Government to cut Energy Bill Support for small businesses.

From April this year, the UK Treasury intends to discontinue its financial assistance for small and medium-sized enterprises concerning their energy bills and expenses. Working with suppliers will reduce wholesale energy costs - and the significant increases in bills that businesses have seen.

The government had initially put aside £18 billion to shield firms from energy price increases between October and March of last year. Still, it said they would cap support at £5.5 billion for businesses over 12 months from 1 April 2023.

Despite the government creating an Energy Bill Relief Scheme (EBRS) in advance of the winter months, energy bills rose considerably in 2022, forcing many firms into insolvency.

This initiative cut energy prices for all non-domestic users across the country, although it was only supposed to last until the end of March 2023.

Following consultations with industry leaders in recent weeks, chancellor Jeremy Hunt intends to cut the amount of public money necessary to help firms and charitable organisations meet their energy bills.

Mr. Hunt has argued that keeping the relief plan as it was beyond April would be "unsustainably expensive" and that "no government can indefinitely protect firms from the energy price shock."

Energy Bill Discount Scheme summary

For eligible non-domestic customers who have a contract with a licensed energy supplier, the government has unveiled the following support:

  • From 1 April 2023 to 31 March 2024, all eligible non-domestic customers who have a contract with a licensed energy supplier will see a unit discount of up to £6.97/MWh automatically applied to their gas bill and a unit discount of up to £19.61/MWh applied to their electricity bill.
  • This will be subject to a wholesale price threshold, set with reference to the support provided for domestic consumers, of £107/MWh for gas and £302/MWh for electricity. Businesses experiencing energy costs below this level will not receive support.
  • Customers do not need to apply for their discount. As with the current scheme, suppliers will automatically apply reductions to the bills of all eligible non-domestic customers.
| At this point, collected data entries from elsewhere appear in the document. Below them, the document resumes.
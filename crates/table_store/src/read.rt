//! Rows of the machine are read from the tables.
ghost use Rattle.std.specs.Prelude.{◌≡◌, ◌↔◌, ◌⊎◌, ◌∷◌, ◌++◌, [], IfOk, IfErr, OnOk};
ghost use Rattle.std.specs.Prelude.{OnErr, IsTrue, MatchResult, ℕ, List, Some, map};
ghost use Rattle.sqlite.specs.Held.{state};
ghost use Rattle.sqlite.specs.State.{HasCleanDisk, IsUnchanged, IsRolledBack, Survives};
ghost use Rattle.sqlite_value.specs.Value.{owned};
ghost use Rattle.sqlite_value.specs.declared.value.Value.TheVariants.{Int, Text};
ghost use Rattle.sheet_core.specs.Columns.{Finds, Misses};
ghost use Rattle.table_store.specs.Faults.{NamesTable};
ghost use Rattle.table_store.specs.Stored.{column_of, columns_in, row_of, values_of};
ghost use Rattle.table_store.specs.Stored.{AreLoaded, FailsToLoad};
ghost use Rattle.table_store.specs.Transactions.{IsBadRow, IsOfReading, IsOfStore, MayUndo};
ghost use Rattle.table_store.specs.Values.{HasTable, HasTables};
ghost use Rattle.table_store.specs.Written.{tree_of, AreItsRows, IsTableOfNone, IsTableOfNoneOwn, RowsRise};
ghost use Rattle.table_store.specs.Written.{Suits, SuitKept};
ghost use Rattle.table_store.specs.declared.name.TableName.TheVariants.{Kept};

use crate::fault::{Failed, TableFault};
use crate::name::TableName;
use crate::rows::load_rows;
use crate::walk::each_row;
use sheet_core::{Column, ColumnFault, Row as KeyedRow, RowKey, Stored};
use sqlite::{Alter, Connection, Row};
use sqlite_value::value::ValueRef;
use std::alloc::{AllocError, Global};

/// The item behind the others.
pub(crate) fn push<T: Drop>(items: &mut Vec<T>, item: T) -> Result<(), AllocError>
    ensures { OnOk result (items.new.items ≡ items.old.items ++ item ∷ []) }
{
    Ok(items.push(item)?)
}

/// The column of a number: none where it is below 0.
fn whole_of(number: i64) -> Result<Column, ColumnFault>
    ensures { Finds result (column_of (Int number)) }
{
    match u64::try_from(number) {
        Ok(number) => Ok(Column::Whole(number)),
        Err(_) => Err(ColumnFault::NoRow),
    }
}

/// The column of a text: none where it isn't UTF-8.
fn text_of(alloc: Global, text: &[u8]) -> Result<Column, ColumnFault>
    ensures { Finds result (column_of (Text text.now)) }
{
    match std::str::from_utf8(text) {
        Ok(text) => Ok(Column::text(alloc, text)?),
        Err(_) => Err(ColumnFault::NoRow),
    }
}

/// The column that the value is.
fn column_of(alloc: Global, value: ValueRef<'_>) -> Result<Column, ColumnFault>
    ensures { Finds result (column_of (owned value.entry)) }
{
    match value {
        ValueRef::Null => Ok(Column::Absent),
        ValueRef::Int(number) => whole_of(number),
        ValueRef::Text(text) => text_of(alloc, text),
        _ => Err(ColumnFault::NoRow),
    }
}

/// The columns that the row's values are.
fn columns_of(alloc: Global, row: &Row) -> Result<Vec<Column>, ColumnFault>
    ensures { MatchResult result (λ columns. columns_in row.now ≡ Some columns.items)
        (λ fault. Misses fault (columns_in row.now)) }
{
    let mut columns = Vec::new(alloc);
    for at in 0..row.column_count() {
        match row.get_ref(at) {
            Ok(value) => push(&mut columns, column_of(alloc, value)?)?,
            Err(_) => unreachable!(),
        }
    }
    Ok(columns)
}

/// The row of the machine that the row of the table is.
pub(crate) fn row_of<R: Stored>(alloc: Global, row: &Row) -> Result<R, ColumnFault>
    ensures found { Finds result (row_of R.row_from row.now) }
    ensures told { IfOk result (λ read. values_of R.columns_of read ≡ row.now) }
{
    let columns = columns_of(alloc, row)?;
    R::from_columns(alloc, columns.as_slice())
}

/// An empty vector with room for so many items, or with none where there is no memory for so many.
fn with_room<T: Drop>(alloc: Global, expected: usize) -> Vec<T>
    ensures { result.items ≡ [] }
{
    let mut items = Vec::new(alloc);
    let _ = items.try_reserve_exact(expected);
    items
}

/// All rows of a table under numbers, as rows of the machine, in the order of their numbers. The table may be one of
/// version 1. Room is made at once for as many rows as are expected, so that a long list needn't be moved while it grows;
/// there may be more or fewer.
///
/// `BadRow` where one of them is none. `NoTable` is never answered: whether the tables are there is asked before.
pub fn load_sheet<S: Alter, R: Stored>(
    alloc: Global,
    conn: &mut Connection<S>,
    table: TableName,
    expected: usize,
) -> Result<Vec<R>, TableFault>
    requires { HasCleanDisk (state S.Store conn.old) → HasTable table (state S.Store conn.old) }
    ensures loaded { HasCleanDisk (state S.Store conn.new)
        → IfOk result (λ rows. AreLoaded R.row_from R.columns_of table
        (tree_of table (state S.Store conn.old)) rows.items) }
    ensures rows { HasCleanDisk (state S.Store conn.new)
        → IfOk result (λ rows. (digits : ℕ → List ℕ) → Suits R.columns_of R.key_of digits table
        → AreItsRows R.row_from R.columns_of R.key_of table
        (tree_of table (state S.Store conn.old)) rows.items) }
    ensures none { HasCleanDisk (state S.Store conn.new)
        → IfErr result (λ fault. (digits : ℕ → List ℕ) → Suits R.columns_of R.key_of digits table
        → IsBadRow fault
        → IsTableOfNone R.row_from R.columns_of table (tree_of table (state S.Store conn.old))) }
    ensures same { HasCleanDisk (state S.Store conn.new)
        → OnOk result (IsUnchanged (state S.Store conn.old) (state S.Store conn.new)) }
    ensures failed { HasCleanDisk (state S.Store conn.new)
        → IfErr result (FailsToLoad R.row_from table
        (state S.Store conn.old) (state S.Store conn.new)) }
    ensures named { IfErr result (NamesTable table) }
    ensures crash { Survives (state S.Store conn.old) (state S.Store conn.new) (λ _. ⊥) }
{
    let mut rows = with_room(alloc, expected);
    each_row::<S, R, Vec<R>>(alloc, conn, table, &mut rows)?;
    Ok(rows)
}

/// Whether the key of each row is below that of the next: rows in the order of their words have no word twice.
fn are_keys_rising<R: KeyedRow>(alloc: Global, rows: &[R]) -> Result<bool, AllocError>
    ensures { IfOk result (λ rise. IsTrue rise ↔ RowsRise R.key_of rows.now) }
{
    let Some(first) = rows.first() else {
        return Ok(true);
    };
    let mut last = first.key(alloc)?;
    for at in 1..rows.len() {
        let key = rows[at].key(alloc)?;
        if !last.compare(&key).is_lt() {
            return Ok(false);
        }
        last = key;
    }
    Ok(true)
}

/// All rows of `kept`, as rows of the machine, in the order of their words.
///
/// `BadRow` where one of them is none, or two have one word. `NoTable` is never answered.
pub fn load_kept<S: Alter, R: Stored>(
    alloc: Global,
    conn: &mut Connection<S>,
) -> Result<Vec<R>, TableFault>
    requires tables { HasCleanDisk (state S.Store conn.old) → HasTables (state S.Store conn.old) }
    requires suits { SuitKept R.columns_of R.key_of }
    ensures rows { HasCleanDisk (state S.Store conn.new)
        → IfOk result (λ rows. AreItsRows R.row_from R.columns_of R.key_of Kept
        (tree_of Kept (state S.Store conn.old)) rows.items) }
    ensures none { HasCleanDisk (state S.Store conn.new)
        → IfErr result (λ fault. IsBadRow fault
        → IsTableOfNoneOwn R.row_from R.columns_of R.key_of Kept
        (tree_of Kept (state S.Store conn.old))) }
    ensures same { HasCleanDisk (state S.Store conn.new)
        → OnOk result (IsUnchanged (state S.Store conn.old) (state S.Store conn.new)) }
    ensures failed { HasCleanDisk (state S.Store conn.new)
        → IfErr result (MayUndo (state S.Store conn.old) (state S.Store conn.new)) }
    ensures fault { IfErr result IsOfReading }
    ensures named { IfErr result (NamesTable Kept) }
    ensures crash { Survives (state S.Store conn.old) (state S.Store conn.new) (λ _. ⊥) }
{
    let mut rows = Vec::new(alloc);
    each_row::<S, R, Vec<R>>(alloc, conn, TableName::Kept, &mut rows)?;
    if are_keys_rising(alloc, rows.as_slice())? {
        Ok(rows)
    } else {
        Err(TableFault::BadRow(Failed::bad_row(TableName::Kept)))
    }
}

/// Whether a table has no row.
pub fn has_no_row<S: Alter>(conn: &mut Connection<S>, table: TableName) -> Result<bool, TableFault>
    requires { HasCleanDisk (state S.Store conn.old) → HasTables (state S.Store conn.old) }
    ensures value { HasCleanDisk (state S.Store conn.new)
        → IfOk result (λ none. IsTrue none ↔ (tree_of table (state S.Store conn.old) ≡ [])) }
    ensures same { HasCleanDisk (state S.Store conn.new)
        → OnOk result (IsUnchanged (state S.Store conn.old) (state S.Store conn.new)) }
    ensures failed { HasCleanDisk (state S.Store conn.new)
        → OnErr result (IsUnchanged (state S.Store conn.old) (state S.Store conn.new)
        ⊎ IsRolledBack (state S.Store conn.old) (state S.Store conn.new)) }
    ensures fault { IfErr result IsOfStore }
    ensures crash { Survives (state S.Store conn.old) (state S.Store conn.new) (λ _. ⊥) }
{
    Ok(load_rows(conn, table)?.is_empty())
}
For eligible Energy and Trade Intensive Industries, the government is announcing:

  • These businesses will receive a discount reflecting the difference between a price threshold and the relevant wholesale price.
  • The price threshold for the scheme will be £99/MWh for gas and £185/MWh for electricity.
  • This discount will only apply to 70% of energy volumes and will be subject to a ‘maximum discount’ of £40.0/MWh for gas and £89.1/MWh for electricity.

The Federation of Small Businesses (FSB) has warned the chancellor that suddenly eliminating help for enterprises concerning their energy costs will result in "a raft of business closures."
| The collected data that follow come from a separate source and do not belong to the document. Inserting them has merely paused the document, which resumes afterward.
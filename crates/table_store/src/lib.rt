//! The tables of the desk's file: they are made, and changed within transactions. Calls are generic over what keeps the
//! database, and speak of tables where the disk is clean (`HasCleanDisk`). A table of rows of the machine is
//! `Written.IsTableOf`.
//!
//! - `begin`, `commit`, `rollback`: nothing but `commit` changes what a crash leaves (`crash`).
//! - `write_row`, `write_pending`, `write_log`, `write_kept`: ask for the rows from before (`before`) and leave those
//!   of now (`written`, of a single row `put`), and no other table changes (`set`). Rows are dropped of four tables
//!   alone (`Values.AreDropped`). After `Store` the transaction is as it was, or undone (`failed`:
//!   `Transactions.MayUndo`).
//! - `load_sheet`, `load_kept`: exactly the rows of the table (`rows`). A bad row is told only of the table of no rows
//!   at all (`none`), and nothing changes (`same`).
//! - `each_row`: hands rows to a `Visitor`, each once, after Ok all (`whole`: `Walked.TakesAll`), after a fault a front
//!   of them (`front`).
//! - `create_tables`: makes the tables, with no rows (`made`), in a database that has none (`bare`).
//! - `open_tables`: a connection at rest over the same tables (`rest`, `same`), which are those of this version or of
//!   version 1 (`tables`), or why there is none (`failed`).
#![tactic(auto)]

mod create;
mod fault;
mod kept;
mod name;
mod open;
mod read;
mod rows;
mod shape;
mod table_word;
mod transaction;
mod walk;
mod write;

pub use create::{add_spent, create_tables};
pub use fault::{Failed, TableFault};
pub use kept::write_kept;
pub use name::TableName;
pub use open::{has_old_tables, has_tables, is_bare, open_tables};
pub use read::{has_no_row, load_kept, load_sheet};
pub use rows::{drop_row, load_rows, put_row};
pub use table_word::table_named;
pub use transaction::{begin, commit, rollback};
pub use walk::{Visitor, each_row};
pub use write::{write_log, write_pending, write_row};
Small businesses dipping into life savings to stay afloat amid rising costs.

Businesses are depleting their financial reserves to stay afloat.

Rising prices, decreased revenues, and increased pay bills prompted small and medium-sized enterprises to use their funds by the end of 2022.
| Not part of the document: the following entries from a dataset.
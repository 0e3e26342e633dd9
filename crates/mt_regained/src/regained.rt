//! The state that a map stands for.

ghost use Rattle.std.specs.Prelude.{◌≡◌, IfOk, IfSome, option_copied, option_map};
ghost use Rattle.std.specs.List.{find};
ghost use Rattle.mt_model.specs.tables.Holding.{is_root_of};
ghost use Rattle.mt_machine.specs.State.{IsValid};
ghost use Rattle.mt_grammar.specs.Facts.{is_idle};
ghost use Rattle.mt_regained.specs.Regained.{given_root, state_in, state_of};

use crate::bytes::keys_are_of_bytes;
use crate::kept_rows::rows_with;
use crate::laws::states_are_regained;
use crate::opening::{first_version, versions};
use mt_durable::Durable;
use mt_grammar::{MapContents, facts_hold, kept_in};
use mt_meta::stored_places_are_those_of_the_model;
use mt_model::{Armed, ExactCopy, Fabric, NodeSessions, NodeState, Roots};
use mt_subs::Changes;
use mt_tlv::Bytes;
use std::alloc::{AllocError, Global};

/// The state that a map stands for, None exactly where it is not in the grammar of states. What is not kept of a state is
/// as on a new node, and no session is there.
pub fn state_from(alloc: Global, map: &Durable) -> Result<Option<NodeState>, AllocError>
    ensures state { IfOk result (λ state. state ≡ state_in map.now) }
    ensures valid { IfOk result (λ state. IfSome state IsValid) }
{
    states_are_regained();
    keys_are_of_bytes(map.as_slice());
    let Some(kept) = kept_in(alloc, map)? else {
        return Ok(None);
    };
    if !facts_hold(&kept) {
        return Ok(None);
    }
    Ok(Some(state_of(alloc, kept)?))
}

/// The state that what is kept stands for, which has to be valid.
pub(crate) fn state_of(alloc: Global, kept: MapContents) -> Result<NodeState, AllocError>
    requires { IsValid (state_of kept) }
    ensures { IfOk result (λ state. state ≡ state_of kept) }
{
    stored_places_are_those_of_the_model();
    let rows = rows_with(alloc, kept.rows.as_slice())?;
    let armed = with_given_root(
        kept.failsafe,
        kept.fabrics.as_slice(),
        kept.roots.as_slice(),
    )?;
    let boot = kept.boot.unwrap_or(0) as u32;
    Ok(NodeState {
        rows,
        entries: kept.entries,
        fabrics: kept.fabrics,
        roots: kept.roots,
        networks: kept.networks,
        armed,
        versions: versions(alloc, first_version(boot))?,
        changes: Changes::new(alloc)?.into_numbers(),
        changed: 0,
        sessions: NodeSessions::new(alloc),
        plain: Some(0),
        boot,
        clock: 0,
    })
}

// The fail-safe, which was given the one root that no fabric uses.
fn with_given_root(
    failsafe: Option<Armed>,
    fabrics: &[Fabric],
    roots: &[Bytes],
) -> Result<Option<Armed>, AllocError>
    ensures { IfOk result (λ armed. armed ≡ option_map (given_root fabrics.now roots.now) failsafe) }
{
    let Some(armed) = failsafe else {
        return Ok(None);
    };
    let root = match idle_root(fabrics, roots) {
        Some(root) => Some(root.copy()?),
        None => None,
    };
    Ok(Some(Armed { root, ..armed }))
}

fn idle_root<'a>(fabrics: &[Fabric], roots: &'a [Bytes]) -> Option<&'a Bytes>
    ensures { option_copied result ≡ find (is_idle fabrics.now) roots.now }
{
    for root in roots {
        if is_idle(fabrics, root) {
            return Some(root);
        }
    }
    None
}

// Whether no fabric uses a root.
fn is_idle(fabrics: &[Fabric], root: &Bytes) -> bool
    ensures { result ≡ is_idle fabrics.now root.now }
{
    for fabric in fabrics {
        if is_root_of(root, fabric) {
            return false;
        }
    }
    true
}

fn is_root_of(root: &Bytes, fabric: &Fabric) -> bool
    ensures { result ≡ is_root_of root.now fabric.now }
{
    fabric.credentials.root.as_slice() == root.as_slice()
}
According to the findings of an Investec poll, 43% of organisations plan to deplete their reserves in the next six months, with 4% expecting their savings to be wiped out.

Furthermore, increased interest rates will make it more expensive for firms to get loans in the next year. According to Investec, fewer borrowing alternatives will force some firms into administration.

The Energy Bill Relief Scheme is expected to cease in March, and no announcements for any alternative assistance have been offered. Business organisations have warned that businesses' energy expenses might double if the plan expires.

According to Investec, a tiny percentage of CEOs were able to increase their savings at the end of last year due to more substantial growth. However, a quarter claimed they could improve their savings because they reduced employment or couldn't find the right people to fill available positions.

Investec believes that SMEs have an average of £117,000 in savings accounts, albeit this varies greatly amongst businesses. A quarter of companies, notably those in high-growth IT industries, indicated they were utilising savings to "invest in the expansion of their business."

According to the Office for Budget Responsibility (OBR), corporate investment is anticipated to slow in the forthcoming years as increased energy costs and economic uncertainties stifle growth.

"SMEs are inevitably feeling the economic strain from rising prices and increases in their energy bills as well as issues with recruiting staff and funding pay rises for their existing workforce," said Samantha Booysen of Investec."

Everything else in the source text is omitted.